(Data items)
╭──

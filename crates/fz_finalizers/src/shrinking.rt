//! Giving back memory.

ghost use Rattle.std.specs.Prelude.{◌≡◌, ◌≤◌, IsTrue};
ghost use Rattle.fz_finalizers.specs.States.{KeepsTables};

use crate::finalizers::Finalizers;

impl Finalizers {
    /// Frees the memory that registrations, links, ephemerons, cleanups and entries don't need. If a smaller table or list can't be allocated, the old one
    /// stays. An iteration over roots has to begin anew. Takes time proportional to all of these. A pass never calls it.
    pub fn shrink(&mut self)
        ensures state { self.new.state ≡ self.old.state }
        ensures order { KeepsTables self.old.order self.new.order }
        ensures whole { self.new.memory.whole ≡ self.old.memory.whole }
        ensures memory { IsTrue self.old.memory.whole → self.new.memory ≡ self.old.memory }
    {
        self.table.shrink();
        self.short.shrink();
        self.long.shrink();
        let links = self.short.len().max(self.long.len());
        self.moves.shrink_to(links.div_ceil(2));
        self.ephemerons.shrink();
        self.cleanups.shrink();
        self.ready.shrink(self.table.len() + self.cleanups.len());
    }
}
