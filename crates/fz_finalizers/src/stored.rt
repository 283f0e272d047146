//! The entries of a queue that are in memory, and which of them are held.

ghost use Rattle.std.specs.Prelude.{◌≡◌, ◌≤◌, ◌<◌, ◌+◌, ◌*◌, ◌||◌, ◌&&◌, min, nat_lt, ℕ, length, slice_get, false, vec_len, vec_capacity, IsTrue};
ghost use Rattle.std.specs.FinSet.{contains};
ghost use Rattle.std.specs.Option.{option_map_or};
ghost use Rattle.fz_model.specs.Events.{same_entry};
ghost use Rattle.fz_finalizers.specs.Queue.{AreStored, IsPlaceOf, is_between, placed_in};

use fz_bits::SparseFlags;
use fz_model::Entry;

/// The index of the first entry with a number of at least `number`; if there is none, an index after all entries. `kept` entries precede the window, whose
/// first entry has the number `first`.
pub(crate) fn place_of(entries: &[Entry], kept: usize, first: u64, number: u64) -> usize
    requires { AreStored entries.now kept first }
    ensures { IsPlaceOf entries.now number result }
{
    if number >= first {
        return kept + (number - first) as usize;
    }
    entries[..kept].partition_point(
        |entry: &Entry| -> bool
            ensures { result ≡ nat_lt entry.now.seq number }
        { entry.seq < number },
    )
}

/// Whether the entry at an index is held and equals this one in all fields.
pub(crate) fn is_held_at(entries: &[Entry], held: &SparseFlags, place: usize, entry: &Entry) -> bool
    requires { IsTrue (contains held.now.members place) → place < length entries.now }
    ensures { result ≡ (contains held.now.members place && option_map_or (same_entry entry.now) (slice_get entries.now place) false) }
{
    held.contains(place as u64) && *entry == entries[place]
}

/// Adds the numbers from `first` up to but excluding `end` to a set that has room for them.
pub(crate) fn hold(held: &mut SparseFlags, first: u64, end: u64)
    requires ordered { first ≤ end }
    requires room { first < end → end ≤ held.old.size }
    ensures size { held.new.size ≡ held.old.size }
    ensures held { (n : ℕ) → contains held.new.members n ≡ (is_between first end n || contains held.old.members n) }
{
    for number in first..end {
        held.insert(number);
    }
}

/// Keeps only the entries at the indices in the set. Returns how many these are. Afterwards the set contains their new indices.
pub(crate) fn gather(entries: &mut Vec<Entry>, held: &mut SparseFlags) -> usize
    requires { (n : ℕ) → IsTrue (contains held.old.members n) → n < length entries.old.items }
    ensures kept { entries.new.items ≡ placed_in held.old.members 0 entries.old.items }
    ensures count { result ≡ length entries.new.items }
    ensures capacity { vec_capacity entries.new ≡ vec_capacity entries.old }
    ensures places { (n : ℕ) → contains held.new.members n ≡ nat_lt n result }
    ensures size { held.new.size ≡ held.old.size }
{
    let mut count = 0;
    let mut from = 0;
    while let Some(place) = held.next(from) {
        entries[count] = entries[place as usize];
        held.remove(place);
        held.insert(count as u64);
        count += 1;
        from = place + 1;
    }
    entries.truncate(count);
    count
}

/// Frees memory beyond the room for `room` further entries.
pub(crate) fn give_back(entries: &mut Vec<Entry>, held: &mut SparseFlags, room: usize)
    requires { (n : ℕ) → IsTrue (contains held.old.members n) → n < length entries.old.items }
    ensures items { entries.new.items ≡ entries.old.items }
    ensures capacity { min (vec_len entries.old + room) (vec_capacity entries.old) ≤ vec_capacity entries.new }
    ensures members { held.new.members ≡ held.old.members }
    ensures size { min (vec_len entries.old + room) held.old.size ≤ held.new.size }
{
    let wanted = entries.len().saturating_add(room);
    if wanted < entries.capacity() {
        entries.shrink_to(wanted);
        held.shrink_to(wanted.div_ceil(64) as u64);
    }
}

╰──

Every line of the entries above that includes "SparseFlags" should be copied.

#### EXERCISE OUTPUT:
use fz_bits::SparseFlags;
pub(crate) fn is_held_at(entries: &[Entry], held: &SparseFlags, place: usize, entry: &Entry) -> bool
pub(crate) fn hold(held: &mut SparseFlags, first: u64, end: u64)
pub(crate) fn gather(entries: &mut Vec<Entry>, held: &mut SparseFlags) -> usize
pub(crate) fn give_back(entries: &mut Vec<Entry>, held: &mut SparseFlags, room: usize)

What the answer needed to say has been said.